THE TASK:
Check each line of the entries below for the string "none" and state how many lines have it, with no other text.

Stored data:
------------------------------------
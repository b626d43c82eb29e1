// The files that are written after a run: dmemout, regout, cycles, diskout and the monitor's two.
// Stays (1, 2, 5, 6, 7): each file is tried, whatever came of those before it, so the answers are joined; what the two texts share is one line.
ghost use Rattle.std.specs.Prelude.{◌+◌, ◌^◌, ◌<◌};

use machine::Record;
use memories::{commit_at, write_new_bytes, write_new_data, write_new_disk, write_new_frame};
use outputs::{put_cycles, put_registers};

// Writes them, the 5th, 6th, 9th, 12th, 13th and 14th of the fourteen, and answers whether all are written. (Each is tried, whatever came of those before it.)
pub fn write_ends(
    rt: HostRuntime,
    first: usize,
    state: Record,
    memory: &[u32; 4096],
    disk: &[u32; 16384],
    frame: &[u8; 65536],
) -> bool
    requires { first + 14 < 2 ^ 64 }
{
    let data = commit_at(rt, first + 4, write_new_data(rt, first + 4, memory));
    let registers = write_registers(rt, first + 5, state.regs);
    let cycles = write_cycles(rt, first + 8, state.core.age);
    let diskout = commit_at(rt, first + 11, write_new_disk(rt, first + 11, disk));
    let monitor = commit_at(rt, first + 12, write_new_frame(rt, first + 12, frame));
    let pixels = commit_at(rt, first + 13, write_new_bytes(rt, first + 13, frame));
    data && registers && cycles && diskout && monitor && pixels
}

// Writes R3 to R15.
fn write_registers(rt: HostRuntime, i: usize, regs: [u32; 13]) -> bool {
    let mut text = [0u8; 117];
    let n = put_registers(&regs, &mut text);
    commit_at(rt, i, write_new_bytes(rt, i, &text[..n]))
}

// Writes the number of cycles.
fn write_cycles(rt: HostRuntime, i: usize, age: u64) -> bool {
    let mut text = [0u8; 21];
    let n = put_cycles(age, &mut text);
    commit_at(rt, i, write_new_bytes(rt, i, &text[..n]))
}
------------------------------------
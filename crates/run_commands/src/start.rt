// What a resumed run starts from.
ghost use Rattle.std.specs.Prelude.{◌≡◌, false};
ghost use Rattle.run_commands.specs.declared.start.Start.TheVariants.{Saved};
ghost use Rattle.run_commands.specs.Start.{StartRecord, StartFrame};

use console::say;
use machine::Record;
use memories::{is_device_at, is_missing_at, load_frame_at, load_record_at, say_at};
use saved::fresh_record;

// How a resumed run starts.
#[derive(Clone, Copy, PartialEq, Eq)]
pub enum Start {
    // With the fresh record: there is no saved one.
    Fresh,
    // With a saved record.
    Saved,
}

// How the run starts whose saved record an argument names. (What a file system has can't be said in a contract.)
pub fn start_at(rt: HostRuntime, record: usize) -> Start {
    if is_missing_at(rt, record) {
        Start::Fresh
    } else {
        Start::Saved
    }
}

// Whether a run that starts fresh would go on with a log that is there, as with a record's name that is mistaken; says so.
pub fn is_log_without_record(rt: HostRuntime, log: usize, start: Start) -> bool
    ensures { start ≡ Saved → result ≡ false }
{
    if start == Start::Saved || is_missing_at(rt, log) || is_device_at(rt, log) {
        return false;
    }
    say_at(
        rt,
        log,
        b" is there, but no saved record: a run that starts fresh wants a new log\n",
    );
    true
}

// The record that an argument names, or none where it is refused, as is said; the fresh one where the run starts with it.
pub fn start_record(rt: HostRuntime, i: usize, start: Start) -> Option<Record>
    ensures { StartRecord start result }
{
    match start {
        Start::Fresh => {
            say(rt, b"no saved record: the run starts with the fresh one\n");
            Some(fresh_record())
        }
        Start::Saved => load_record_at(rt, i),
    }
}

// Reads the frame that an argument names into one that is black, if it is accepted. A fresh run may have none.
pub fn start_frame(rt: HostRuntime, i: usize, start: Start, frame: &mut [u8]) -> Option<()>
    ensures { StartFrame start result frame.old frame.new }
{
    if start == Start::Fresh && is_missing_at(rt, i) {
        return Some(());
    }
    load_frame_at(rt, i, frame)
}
------------------------------------
ANSWER TO THIS EXERCISE:
2